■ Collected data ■
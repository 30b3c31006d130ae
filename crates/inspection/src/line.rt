// The line of a record.
ghost use Rattle.std.specs.Prelude.{◌≡◌, ℕ, ◌<◌, ◌++◌, length, IfOk, string_bytes, OnOk, slice_index};
ghost use Rattle.capture.specs.Handed.{shown, added_of};
ghost use Rattle.inspection.specs.Texts.{bytes_text, added_text, line_text};

use crate::fields::{Fields, fields_of, hex, kind_text, mark_text, octal};
use capture::Record;
use std::alloc::{AllocError, Global};

// Adds ASCII bytes to a line. Digits go this way: by `{:06o}` and `{:02X}` a line took one and a half to four times as long.
fn push_ascii(line: &mut String, bytes: &[u8]) -> Result<(), AllocError>
    requires { (k : ℕ) → k < length bytes.now → slice_index bytes.now k < 128 }
    ensures { OnOk result (string_bytes line.new ≡ string_bytes line.old ++ bytes.now) }
{
    for byte in bytes {
        line.push(*byte as char)?;
    }
    Ok(())
}

// Adds a space and two digits for each byte.
fn push_bytes(line: &mut String, bytes: &[u8]) -> Result<(), AllocError>
    ensures { OnOk result (string_bytes line.new ≡ string_bytes line.old ++ bytes_text bytes.now) }
{
    for byte in bytes {
        push_ascii(line, &hex(*byte))?;
    }
    Ok(())
}

// Adds what a record's header adds, where that is anything.
fn push_added(line: &mut String, added: &[u8]) -> Result<(), AllocError>
    ensures { OnOk result (string_bytes line.new ≡ string_bytes line.old ++ added_text added.now) }
{
    if added.is_empty() {
        return Ok(());
    }
    line.push_str(", added")?;
    push_bytes(line, added)?;
    Ok(())
}

// Number, kind, mark, address, word and added bytes of a record.
pub fn record_line(heap: Global, number: usize, rec: Record) -> Result<String, AllocError>
    ensures { IfOk result (λ s. string_bytes s ≡ line_text number (shown rec.entry) (added_of rec.entry)) }
{
    let Fields {
        kind,
        answered,
        address,
        word,
    } = fields_of(rec);
    let kind = kind_text(kind.number());
    let mark = mark_text(answered);
    let mut line = format!(in heap; "{number}: {kind}, {mark}, address ")?;
    push_ascii(&mut line, &octal(address))?;
    line.push_str(", word ")?;
    push_ascii(&mut line, &octal(word))?;
    push_added(&mut line, rec.added())?;
    Ok(line)
}
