// Counts of the records of a capture.
ghost use Rattle.std.specs.Prelude.{◌≡◌};
ghost use Rattle.capture.specs.Handed.{shown};
ghost use Rattle.inspection.specs.Tallies.{counted, more};

use crate::fields::{Fields, fields_of};
use capture::{Kind, Record};

// How many records there are of each kind, and how many timed out. No capture has enough to reach the largest count.
#[derive(Clone, Copy, Default)]
pub struct Totals {
    pub reads: u32,
    pub writes: u32,
    pub byte_writes: u32,
    pub lines: u32,
    pub vectors: u32,
    pub inits: u32,
    pub timed_out: u32,
}

// One more, up to the largest count.
fn count_one(count: &mut u32)
    ensures { count.new ≡ more count.old }
{
    *count = count.saturating_add(1);
}

impl Totals {
    // Counts one record more.
    pub fn count(&mut self, rec: Record)
        ensures { self.new ≡ counted (shown rec.entry) self.old }
    {
        let Fields { kind, answered, .. } = fields_of(rec);
        match kind {
            Kind::Read => count_one(&mut self.reads),
            Kind::Write => count_one(&mut self.writes),
            Kind::WriteByte => count_one(&mut self.byte_writes),
            Kind::Lines => count_one(&mut self.lines),
            Kind::Vector => count_one(&mut self.vectors),
            Kind::Init => count_one(&mut self.inits),
        }
        if !answered {
            count_one(&mut self.timed_out);
        }
    }
}
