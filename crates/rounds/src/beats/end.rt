/// How a beat ended.
#[derive(Clone, Copy, Debug, PartialEq, Eq)]
pub enum End {
    /// All disks that are left were visited, and they are a majority.
    Beaten,
    /// No majority of the disks is left.
    NoMajority,
}
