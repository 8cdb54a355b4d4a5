ghost use Rattle.std.specs.Prelude.{◌≡◌, ◌<◌, ◌≤◌, ◌+◌, ◌*◌, ◌++◌, ◌∷◌, [], List, Some, None, length};
ghost use Rattle.std.specs.Option.{option_map};
ghost use Rattle.disk.specs.Disk as device;
ghost use Rattle.torn_block.specs.Layout.{area_place, cluster_version};
ghost use Rattle.torn_block.specs.declared.layout.TheConstants.{HOSTS, DISKS, ROW_LENGTH};
ghost use Rattle.torn_block.specs.Damage.{block_of};
ghost use Rattle.torn_block.specs.Plan.{IsReading};
ghost use Rattle.attempt.specs.History.{Fits};
ghost use Rattle.attempt.specs.DeviceCalls as calls;
ghost use Rattle.attempt.specs.DeviceCalls.{call_of_need, IsWithin};
ghost use Rattle.rounds.specs.Beat.Answers.{Answered, heard_as, on};
ghost use Rattle.rounds.specs.Beat.Kept.{IsSameBeat, LeadsTo, answer_of, call_due, end_of, end_of_status};
ghost use Rattle.rounds.specs.Beat.Status.{Setup, status, next_call};
ghost use Rattle.rounds.specs.Kept.{end_by};

use super::end::End;
use crate::round::{Round, Stage};
use attempt::{Heard, Need};
use heartbeat::{Reading, decode_area, encode_beat};
use paxos_block::{AREA_PLACE, beat_place};
use std::marker::Model;
use torn_block::{BLOCK_LENGTH, Block128, ClusterLayout, DISKS, HOSTS, ROW_LENGTH, read_block};

/// The most disks of a cluster.
pub const PLACES: usize = DISKS as usize;

/// What was read of the heartbeat areas, by the disks' numbers.
pub type Readings = [Reading; PLACES];

/// A beat of a host: on each disk it reads the heartbeat area and writes the host's own block there, with the next
/// sequence number.
///
/// It asks for one device call at a time, hears the answer, and takes no memory. It visits the disks once, by rising
/// number.
#[derive(Drop)]
pub struct Beat {
    host: u8,
    round: Round,
    /// None for a disk whose area was not read soundly.
    readings: Readings,
}

impl Model for Beat {
    ghost use Rattle.rounds.specs.Beat.Notes.{Notes, IsSound, notes_in};

    ghost Value = { Notes };

    ghost view = { λ beat. notes_in beat.host beat.round beat.readings };

    ghost invariant = { λ beat. IsSound beat.host beat.round };
}

impl Beat {
    /// A beat that has heard nothing, over the disks below `disks`.
    pub fn new(host: u8, disks: u8) -> Beat
        requires host { host < HOSTS }
        requires some { 0 < disks }
        requires few { disks ≤ DISKS }
        ensures leads { LeadsTo (record { host = host; disks = disks }) [] result }
        ensures going { result.end ≡ None }
    {
        Beat {
            host,
            round: Round::new(disks),
            readings: [None; PLACES],
        }
    }

    /// The device call that is due.
    pub fn call(&self) -> Need<'_>
        requires { self.now.end ≡ None }
        // The call that the definition names after these answers, with the same boot number and bytes.
        ensures next { (s : Setup) (heard : List Answered) → LeadsTo s heard self.now →
            next_call s (on heard) ≡ Some (call_of_need cluster_version result) }
        ensures due { call_of_need cluster_version result ≡ call_due self.now }
        ensures range { IsWithin cluster_version (area_place cluster_version + ROW_LENGTH) result.call }
        ensures disk { result.disk < self.now.disks }
    {
        self.round
            .call(AREA_PLACE, beat_place::<ClusterLayout>(self.host))
    }

    /// Hears the answer to the call that is due.
    pub fn hear(&mut self, heard: &Heard<'_>)
        requires going { self.old.end ≡ None }
        requires fits { Fits (call_due self.old).1 (calls.heard_of cluster_version heard.now) }
        ensures leads { (s : Setup) (answers : List Answered) → LeadsTo s answers self.old →
            LeadsTo s (answers ++ answer_of self.old heard.now ∷ []) self.new }
        ensures bound { (s : Setup) (answers : List Answered) → LeadsTo s answers self.old →
            length (answers ++ answer_of self.old heard.now ∷ []) ≤ 9 * s.disks }
        ensures same { IsSameBeat self.old self.new }
    {
        match heard {
            Heard::Told(area) => self.take_area(area),
            _ => self.round.hear(heard),
        }
    }

    // The area was read. If it is sound its counters are kept, even if the disk is dropped later.
    fn take_area(&mut self, area: &[u8; ROW_LENGTH])
        requires going { self.old.end ≡ None }
        requires stage { self.old.round.stage ≡ Stage.Reading }
        ensures same { IsSameBeat self.old self.new }
        ensures leads { (s : Setup) (answers : List Answered) → LeadsTo s answers self.old →
            LeadsTo s (answers ++ record { disk = self.old.disk; heard = heard_as (device.Told area.now) } ∷ []) self.new }
    {
        match decode_area(area) {
            Ok(counters) => {
                let disk = usize::from(self.round.disk);
                self.readings[disk] = Some(counters);
                self.round
                    .write(&own_block(self.host, area), &encode_beat());
            }
            Err(_) => self.round.drop_disk(),
        }
    }

    /// How it has ended, if it has.
    pub fn end(&self) -> Option<End>
        ensures end { (s : Setup) (heard : List Answered) → LeadsTo s heard self.now →
            option_map (end_of self.now) result ≡ end_of_status (status s (on heard)) }
        ensures told { result ≡ self.now.end }
    {
        ended(self.round.end)
    }

    /// What was read on each disk. None where its heartbeat area was not read soundly.
    pub fn readings(&self) -> Readings
        ensures { result ≡ self.now.readings }
    {
        self.readings
    }
}

// The end of a round, of a beat's.
fn ended(end: Option<crate::end::End>) -> Option<End>
    ensures { result ≡ option_map (end_by (λ held. End.Beaten) End.NoMajority) end }
{
    match end? {
        crate::end::End::Over { .. } => Some(End::Beaten),
        crate::end::End::NoMajority => Some(End::NoMajority),
    }
}

// The host's own block in an area.
fn own_block(host: u8, area: &[u8; ROW_LENGTH]) -> Block128
    requires { host < HOSTS }
    ensures { IsReading cluster_version (block_of cluster_version host area.now) result }
{
    let place = BLOCK_LENGTH * usize::from(host);
    read_block::<ClusterLayout>(&area[place..place + BLOCK_LENGTH])
}
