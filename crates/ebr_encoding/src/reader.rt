//! What records are made of, from the front of bytes.

ghost use Rattle.std.specs.Int.{w16, w32, w64};
ghost use Rattle.ebr_encoding.specs.Reading.{at_end, byte_at, class_at, counted, flag_at, kept_name, many, name_at, number, piece, text_at, type_at};
ghost use Rattle.ebr_encoding.specs.inside.Gives.{Gives};

use crate::fault::DecodeErr;
use crate::readable::Readable;
use ebr_base::{ColType, List, Name};
use ebr_record::DroppedClass;
use std::alloc::Global;

/// So many bytes.
#[tactic(auto, unfolding(crate::specs::Reading::piece))]
fn piece(n: usize, bytes: &[u8]) -> Result<(&[u8], &[u8]), DecodeErr>
    ensures { Gives (λ x. (x.0.now, x.1.now)) result (piece n bytes.now) }
{
    if bytes.len() < n {
        return Err(DecodeErr::Bad);
    }
    let (front, rest) = bytes.split_at(n);
    Ok((front, rest))
}

#[tactic(auto, unfolding(crate::specs::Reading::byte_at))]
pub(crate) fn byte_at(bytes: &[u8]) -> Result<(u8, &[u8]), DecodeErr>
    ensures { Gives (λ x. (x.0, x.1.now)) result (byte_at bytes.now) }
{
    match bytes {
        [] => Err(DecodeErr::Bad),
        [byte, rest @ ..] => Ok((*byte, rest)),
    }
}

#[tactic(auto, unfolding(crate::specs::Reading::number, crate::specs::Reading::piece))]
pub(crate) fn u16_at(bytes: &[u8]) -> Result<(u16, &[u8]), DecodeErr>
    ensures { Gives (λ x. (x.0, x.1.now)) result (number w16 bytes.now) }
{
    match bytes.split_first_chunk::<2>() {
        Some((front, rest)) => Ok((u16::from_be_bytes(*front), rest)),
        None => Err(DecodeErr::Bad),
    }
}

#[tactic(auto, unfolding(crate::specs::Reading::number, crate::specs::Reading::piece))]
pub(crate) fn u32_at(bytes: &[u8]) -> Result<(u32, &[u8]), DecodeErr>
    ensures { Gives (λ x. (x.0, x.1.now)) result (number w32 bytes.now) }
{
    match bytes.split_first_chunk::<4>() {
        Some((front, rest)) => Ok((u32::from_be_bytes(*front), rest)),
        None => Err(DecodeErr::Bad),
    }
}

#[tactic(auto, unfolding(crate::specs::Reading::number, crate::specs::Reading::piece))]
pub(crate) fn u64_at(bytes: &[u8]) -> Result<(u64, &[u8]), DecodeErr>
    ensures { Gives (λ x. (x.0, x.1.now)) result (number w64 bytes.now) }
{
    match bytes.split_first_chunk::<8>() {
        Some((front, rest)) => Ok((u64::from_be_bytes(*front), rest)),
        None => Err(DecodeErr::Bad),
    }
}

#[tactic(auto, unfolding(crate::specs::Reading::name_at))]
pub(crate) fn name_at(alloc: Global, bytes: &[u8]) -> Result<(Name, &[u8]), DecodeErr>
    ensures { Gives (λ x. (x.0, x.1.now)) result (name_at bytes.now) }
{
    let (len, rest) = byte_at(bytes)?;
    let (word, rest) = piece(usize::from(len), rest)?;
    Ok((kept_name(alloc, word)?, rest))
}

/// The name that the bytes are.
fn kept_name(alloc: Global, word: &[u8]) -> Result<Name, DecodeErr>
    ensures { Gives (λ x. x) result (kept_name word.now) }
{
    let Some(name) = Name::of(alloc, word)? else {
        return Err(DecodeErr::Bad);
    };
    if name.as_slice() == word {
        return Ok(name);
    }
    Err(DecodeErr::Bad)
}

/// A text's bytes.
#[tactic(auto, unfolding(crate::specs::Reading::text_at))]
pub(crate) fn text_at(bytes: &[u8]) -> Result<(&[u8], &[u8]), DecodeErr>
    ensures { Gives (λ x. (x.0.now, x.1.now)) result (text_at bytes.now) }
{
    let (len, rest) = u32_at(bytes)?;
    piece(len as usize, rest)
}

#[tactic(auto, unfolding(crate::specs::Reading::flag_at))]
pub(crate) fn flag_at(bytes: &[u8]) -> Result<(bool, &[u8]), DecodeErr>
    ensures { Gives (λ x. (x.0, x.1.now)) result (flag_at bytes.now) }
{
    match bytes {
        [] => Err(DecodeErr::Bad),
        [0, rest @ ..] => Ok((false, rest)),
        [1, rest @ ..] => Ok((true, rest)),
        [_, ..] => Err(DecodeErr::Bad),
    }
}

#[tactic(auto, unfolding(crate::specs::Reading::type_at))]
pub(crate) fn type_at(bytes: &[u8]) -> Result<(ColType, &[u8]), DecodeErr>
    ensures { Gives (λ x. (x.0, x.1.now)) result (type_at bytes.now) }
{
    match bytes {
        [] => Err(DecodeErr::Bad),
        [1, rest @ ..] => {
            let (digits, rest) = byte_at(rest)?;
            Ok((ColType::Num(digits), rest))
        }
        [2, rest @ ..] => {
            let (size, rest) = u16_at(rest)?;
            Ok((ColType::Text(size), rest))
        }
        [_, ..] => Err(DecodeErr::Bad),
    }
}

#[tactic(auto, unfolding(crate::specs::Reading::class_at))]
pub(crate) fn class_at(bytes: &[u8]) -> Result<(DroppedClass, &[u8]), DecodeErr>
    ensures { Gives (λ x. (x.0, x.1.now)) result (class_at bytes.now) }
{
    match bytes {
        [] => Err(DecodeErr::Bad),
        [1, rest @ ..] => Ok((DroppedClass::Unit, rest)),
        [2, rest @ ..] => Ok((DroppedClass::Body, rest)),
        [3, rest @ ..] => Ok((DroppedClass::Trigger, rest)),
        [4, rest @ ..] => Ok((DroppedClass::Package, rest)),
        [_, ..] => Err(DecodeErr::Bad),
    }
}

/// So many values of a list.
pub(crate) fn many<T: Readable>(
    alloc: Global,
    count: u32,
    bytes: &[u8],
) -> Result<(List<T>, &[u8]), DecodeErr>
    ensures { Gives (λ x. (x.0, x.1.now)) result (many T.read count bytes.now) }
{
    let mut items = List::new(alloc);
    let mut rest = bytes;
    for _ in 0..count {
        let (item, after) = T::read(alloc, rest)?;
        items.push(item)?;
        rest = after;
    }
    Ok((items, rest))
}

/// As many values as the number of two bytes before them says.
#[tactic(auto, unfolding(crate::specs::Reading::counted))]
pub(crate) fn counted<T: Readable>(
    alloc: Global,
    bytes: &[u8],
) -> Result<(List<T>, &[u8]), DecodeErr>
    ensures { Gives (λ x. (x.0, x.1.now)) result (counted (number w16) T.read bytes.now) }
{
    let (count, rest) = u16_at(bytes)?;
    many(alloc, u32::from(count), rest)
}

/// No byte is left.
pub(crate) fn ended(rest: &[u8]) -> Result<(), DecodeErr>
    ensures { Gives (λ x. x) result (at_end tt rest.now) }
{
    if rest.is_empty() {
        return Ok(());
    }
    Err(DecodeErr::Bad)
}
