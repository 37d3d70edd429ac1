//! Why no record was read.

ghost use Rattle.std.specs.Prelude.{◌≡◌};
ghost use Rattle.ebr_encoding.specs.declared.fault.DecodeErr.TheVariants.{NoMemory as WantOfMemory};

use ebr_base::NoMemory;

/// Why no record was read.
#[derive(Clone, Copy, Debug, PartialEq, Eq)]
pub enum DecodeErr {
    /// The bytes spell no record of the form.
    Bad,
    /// There was no memory.
    NoMemory,
}

impl From<NoMemory> for DecodeErr {
    ghost from_gives = { λ _ e. e ≡ WantOfMemory };

    fn from(_: NoMemory) -> DecodeErr {
        DecodeErr::NoMemory
    }
}
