//! The forms in which records stand in a journal.

ghost use Rattle.std.specs.Prelude.{◌≡◌, ◌↔◌, IsTrue};
ghost use Rattle.ebr_record.specs.Payload.{HasPayload};
ghost use Rattle.ebr_encoding.specs.Spelled.{HasForm, changes_of, most_bytes, most_changes};

use ebr_record::{Record, length};

/// How a record stands in a journal, which bounds it (own).
#[derive(Clone, Copy, Debug, PartialEq, Eq)]
pub enum Form {
    /// Behind a length of four bytes: at most 67,108,864 bytes, and 100,000 changes of a commit.
    Short,
    /// Behind a length of eight bytes: at most 134,217,728 bytes, and 200,000 changes of a commit.
    Long,
}

/// Whether a record may stand in a journal in this form.
pub fn has_form(form: Form, r: &Record) -> bool
    requires { HasPayload r.now }
    ensures { IsTrue result ↔ HasForm form r.now }
{
    length(r) <= most_bytes(form) && changes_of(r) <= most_changes(form)
}

/// The most bytes of a payload.
pub(crate) fn most_bytes(form: Form) -> u64
    ensures { result ≡ most_bytes form }
{
    match form {
        Form::Short => 67_108_864,
        Form::Long => 134_217_728,
    }
}

/// The most changes of a commit.
pub(crate) fn most_changes(form: Form) -> usize
    ensures { result ≡ most_changes form }
{
    match form {
        Form::Short => 100_000,
        Form::Long => 200_000,
    }
}

/// The changes of a commit, and of no other record.
fn changes_of(r: &Record) -> usize
    ensures { result ≡ changes_of r.now }
{
    match r {
        Record::Commit(changes) => changes.len(),
        Record::Edition { .. } => 0,
        Record::EditionGone(_) => 0,
        Record::Default(_) => 0,
        Record::Object { .. } => 0,
        Record::Gone { .. } => 0,
        Record::Table { .. } => 0,
        Record::Column { .. } => 0,
        Record::TableGone(_) => 0,
    }
}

■ Requirement ■
Set down exactly the lines from the start of the records to the line with "that is anything.". Include that line, and add nothing more.

■ Answer section ■
repository 30b3c31006d130ae
filename crates/inspection/src/line.rt
// The line of a record.
ghost use Rattle.std.specs.Prelude.{◌≡◌, ℕ, ◌<◌, ◌++◌, length, IfOk, string_bytes, OnOk, slice_index};
ghost use Rattle.capture.specs.Handed.{shown, added_of};
ghost use Rattle.inspection.specs.Texts.{bytes_text, added_text, line_text};

use crate::fields::{Fields, fields_of, hex, kind_text, mark_text, octal};
use capture::Record;
use std::alloc::{AllocError, Global};

// Adds ASCII bytes to a line. Digits go this way: by `{:06o}` and `{:02X}` a line took one and a half to four times as long.
fn push_ascii(line: &mut String, bytes: &[u8]) -> Result<(), AllocError>
    requires { (k : ℕ) → k < length bytes.now → slice_index bytes.now k < 128 }
    ensures { OnOk result (string_bytes line.new ≡ string_bytes line.old ++ bytes.now) }
{
    for byte in bytes {
        line.push(*byte as char)?;
    }
    Ok(())
}

// Adds a space and two digits for each byte.
fn push_bytes(line: &mut String, bytes: &[u8]) -> Result<(), AllocError>
    ensures { OnOk result (string_bytes line.new ≡ string_bytes line.old ++ bytes_text bytes.now) }
{
    for byte in bytes {
        push_ascii(line, &hex(*byte))?;
    }
    Ok(())
}

// Adds what a record's header adds, where that is anything.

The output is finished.